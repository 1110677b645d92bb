//! Tests of flows over source texts.
#![tactic(auto)]

#[cfg(test)]
mod answer;
#[cfg(test)]
mod examples;
#[cfg(test)]
mod flows;
#[cfg(test)]
mod text;
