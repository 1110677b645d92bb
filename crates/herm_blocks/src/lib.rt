//! The blocks of a checked process, one for each node of its flow.
#![tactic(auto)]

mod block;
mod blocks;
mod checked;
mod edges;
mod handed;
mod led;
mod lengths;
mod node;
mod onward;
mod settle;
mod slots;
mod ways;

pub use block::{Block, Blocks};
pub use blocks::blocks_of;
pub use checked::CheckedProcess;
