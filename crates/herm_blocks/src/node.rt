//! The nodes of a process: their forms, with what its flow says of each.
ghost use Rattle.std.specs.Prelude.{◌≡◌, map, length, IfOk};
ghost use Rattle.herm_fronts.specs.Frames.{kinds};
ghost use Rattle.herm_blocks.specs.Seen.{seen_node, seen_nodes};

use herm_base::TypeNo;
use herm_flow::Point;
use herm_typed::{TypedForm, TypedVar};
use std::alloc::{AllocError, Global};

/// A node: its form, and what its flow says of it.
#[derive(Clone, Copy)]
pub struct Node<'a> {
    pub form: &'a TypedForm,
    pub point: &'a Point,
}

/// The types of variables.
pub fn types_of(alloc: Global, vars: &[TypedVar]) -> Result<Vec<TypeNo>, AllocError>
    ensures types { IfOk result (λ v. kinds v.items ≡ map (λ x. x.of.0) vars.now) }
{
    let mut found = Vec::with_capacity(alloc, vars.len())?;
    'vars: for x in vars {
        found.push(x.of)?;
    }
    Ok(found)
}

/// The nodes of these forms, in order.
pub fn nodes_of<'a>(
    alloc: Global,
    forms: &[&'a TypedForm],
    points: &'a [Point],
) -> Result<Vec<Node<'a>>, AllocError>
    requires many { length forms.now ≡ length points.now }
    ensures nodes { IfOk result (λ v. map seen_node v.items ≡ seen_nodes (map (λ f. f.now) forms.now) points.now) }
{
    let mut found = Vec::with_capacity(alloc, points.len())?;
    'points: for i in 0..points.len() {
        found.push(Node {
            form: forms[i],
            point: &points[i],
        })?;
    }
    Ok(found)
}

/// The numbers of the nodes' statements.
pub fn numbers_of(alloc: Global, points: &[Point]) -> Result<Vec<u32>, AllocError>
    ensures numbers { IfOk result (λ v. v.items ≡ map (λ p. p.stmt.0) points.now) }
{
    let mut found = Vec::with_capacity(alloc, points.len())?;
    'points: for point in points {
        found.push(point.stmt.0)?;
    }
    Ok(found)
}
——————————
Requirement: Repeat the whole of the data above exactly, keeping every word.

Your response:
repository 1110677b645d92bb
//! Tests of flows over source texts.
#![tactic(auto)]

#[cfg(test)]
mod answer;
#[cfg(test)]
mod examples;
#[cfg(test)]
mod flows;
#[cfg(test)]
mod text;
repository 1110677b645d92bb
filename crates/herm_blocks/src/lib.rt
//! The blocks of a checked process, one for each node of its flow.
#![tactic(auto)]

mod block;
mod blocks;
mod checked;
mod edges;
mod handed;
mod led;
mod lengths;
mod node;
mod onward;
mod settle;
mod slots;
mod ways;

pub use block::{Block, Blocks};
pub use blocks::blocks_of;
pub use checked::CheckedProcess;
filename crates/herm_blocks/src/node.rt
//! The nodes of a process: their forms, with what its flow says of each.
ghost use Rattle.std.specs.Prelude.{◌≡◌, map, length, IfOk};
ghost use Rattle.herm_fronts.specs.Frames.{kinds};
ghost use Rattle.herm_blocks.specs.Seen.{seen_node, seen_nodes};

use herm_base::TypeNo;
use herm_flow::Point;
use herm_typed::{TypedForm, TypedVar};
use std::alloc::{AllocError, Global};

/// A node: its form, and what its flow says of it.
#[derive(Clone, Copy)]
pub struct Node<'a> {
    pub form: &'a TypedForm,
    pub point: &'a Point,
}

/// The types of variables.
pub fn types_of(alloc: Global, vars: &[TypedVar]) -> Result<Vec<TypeNo>, AllocError>
    ensures types { IfOk result (λ v. kinds v.items ≡ map (λ x. x.of.0) vars.now) }
{
    let mut found = Vec::with_capacity(alloc, vars.len())?;
    'vars: for x in vars {
        found.push(x.of)?;
    }
    Ok(found)
}

/// The nodes of these forms, in order.
pub fn nodes_of<'a>(
    alloc: Global,
    forms: &[&'a TypedForm],
    points: &'a [Point],
) -> Result<Vec<Node<'a>>, AllocError>
    requires many { length forms.now ≡ length points.now }
    ensures nodes { IfOk result (λ v. map seen_node v.items ≡ seen_nodes (map (λ f. f.now) forms.now) points.now) }
{
    let mut found = Vec::with_capacity(alloc, points.len())?;
    'points: for i in 0..points.len() {
        found.push(Node {
            form: forms[i],
            point: &points[i],
        })?;
    }
    Ok(found)
}

/// The numbers of the nodes' statements.
pub fn numbers_of(alloc: Global, points: &[Point]) -> Result<Vec<u32>, AllocError>
    ensures numbers { IfOk result (λ v. v.items ≡ map (λ p. p.stmt.0) points.now) }
{
    let mut found = Vec::with_capacity(alloc, points.len())?;
    'points: for point in points {
        found.push(point.stmt.0)?;
    }
    Ok(found)
}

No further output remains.